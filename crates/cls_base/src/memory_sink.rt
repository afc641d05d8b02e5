ghost use Rattle.std.specs.Prelude.{◌≡◌, ℕ, ◌+◌, ◌-◌, ◌<◌, ◌≤◌, ◌↔◌, ◌⊎◌, List, [], ◌++◌, length, take, min, None, Some, IfOk, OnErr, IsErr, Contains};
ghost use Rattle.cls_base.specs.Memory.{next_count};

use crate::numbers::Numbers;
use crate::out_of_memory::OutOfMemory;
use crate::sink::Sink;
use crate::source::Failed;
use crate::sure::SureSink;
use std::alloc::Global;
use std::marker::Model;

/// A sink over memory, some of whose writes fail. It is seen as an `Output`: the bytes that are held, how they are
/// taken, and how many writes there were and failed.
#[derive(Drop)]
pub struct MemorySink {
    bytes: SureSink,
    chunk: usize,
    fails: Numbers,
    writes: u64,
    faults: u64,
}

impl Model for MemorySink {
    ghost use Rattle.std.specs.Prelude.{◌+◌, ◌<◌, length};
    ghost use Rattle.cls_base.specs.Memory.{Output};

    ghost Value = { Output };

    ghost view = { λ s. record {
      held = s.bytes.held;
      spare = length s.bytes.held + s.bytes.room;
      chunk = s.chunk;
      fails = s.fails;
      writes = s.writes;
      faults = s.faults;
    } };

    ghost invariant = { λ s. 0 < s.chunk };
}

impl MemorySink {
    /// A sink that holds at most `spare` bytes and takes at most `chunk` bytes a write. A write fails if its number,
    /// counted from 1, is in `fails`, and if the sink is full and the piece isn't empty.
    ///
    /// The memory is taken now, and `OutOfMemory` is the answer if there is none. A write takes none.
    pub fn new(
        alloc: Global,
        spare: usize,
        chunk: usize,
        fails: Numbers,
    ) -> Result<MemorySink, OutOfMemory>
        requires { 0 < chunk }
        ensures { IfOk result (λ s. s ≡ record {
          held = [];
          spare = spare;
          chunk = chunk;
          fails = fails;
          writes = 0;
          faults = 0;
        }) }
    {
        Ok(MemorySink {
            bytes: SureSink::new(alloc, spare)?,
            chunk,
            fails,
            writes: 0,
            faults: 0,
        })
    }

    /// The bytes that were taken so far.
    pub fn held(&self) -> &[u8]
        ensures bytes { result.now ≡ self.now.held }
        ensures within { length self.now.held ≤ self.now.spare }
    {
        self.bytes.held()
    }
}

impl Sink for MemorySink {
    ghost seen = { λ s. record { held = Some s.held; room = None; faults = s.faults } };

    /// Takes all that there is room for, up to the sink's chunk. Fails if the number of this write is one of those
    /// that fail, and if the sink is full and the piece isn't empty.
    fn write(&mut self, piece: &[u8]) -> Result<usize, Failed>
        ensures fails { IsErr result
            ↔ (Contains self.old.fails (next_count self.old.writes)
            ⊎ ((length self.old.held ≡ self.old.spare) × (0 < length piece.now))) }

        ensures count { IfOk result (λ n. n
            ≡ min self.old.chunk (min (length piece.now) (self.old.spare - length self.old.held))) }
        ensures progress { IfOk result (λ n. 0 < length piece.now → 0 < n) }
        ensures taken { IfOk result (λ n. self.new ≡ record self.old {
          held = self.old.held ++ take n piece.now;
          writes = next_count self.old.writes;
        }) }

        // A write that fails takes nothing.
        ensures counted { OnErr result (self.new ≡ record self.old {
          writes = next_count self.old.writes;
          faults = next_count self.old.faults;
        }) }
    {
        self.writes = self.writes.saturating_add(1);
        let is_full = self.bytes.room() == 0 && !piece.is_empty();
        if is_full || self.fails.contains(self.writes) {
            self.faults = self.faults.saturating_add(1);
            return Err(Failed);
        }
        let count = piece.len().min(self.chunk).min(self.bytes.room());
        self.bytes.append(&piece[..count]);
        Ok(count)
    }
}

────

Work instruction:
In the records above, find each line holding "Prelude" and copy it.

Response to this exercise:
ghost use Rattle.std.specs.Prelude.{◌≡◌, ℕ, ◌+◌, ◌-◌, ◌<◌, ◌≤◌, ◌↔◌, ◌⊎◌, List, [], ◌++◌, length, take, min, None, Some, IfOk, OnErr, IsErr, Contains};
    ghost use Rattle.std.specs.Prelude.{◌+◌, ◌<◌, length};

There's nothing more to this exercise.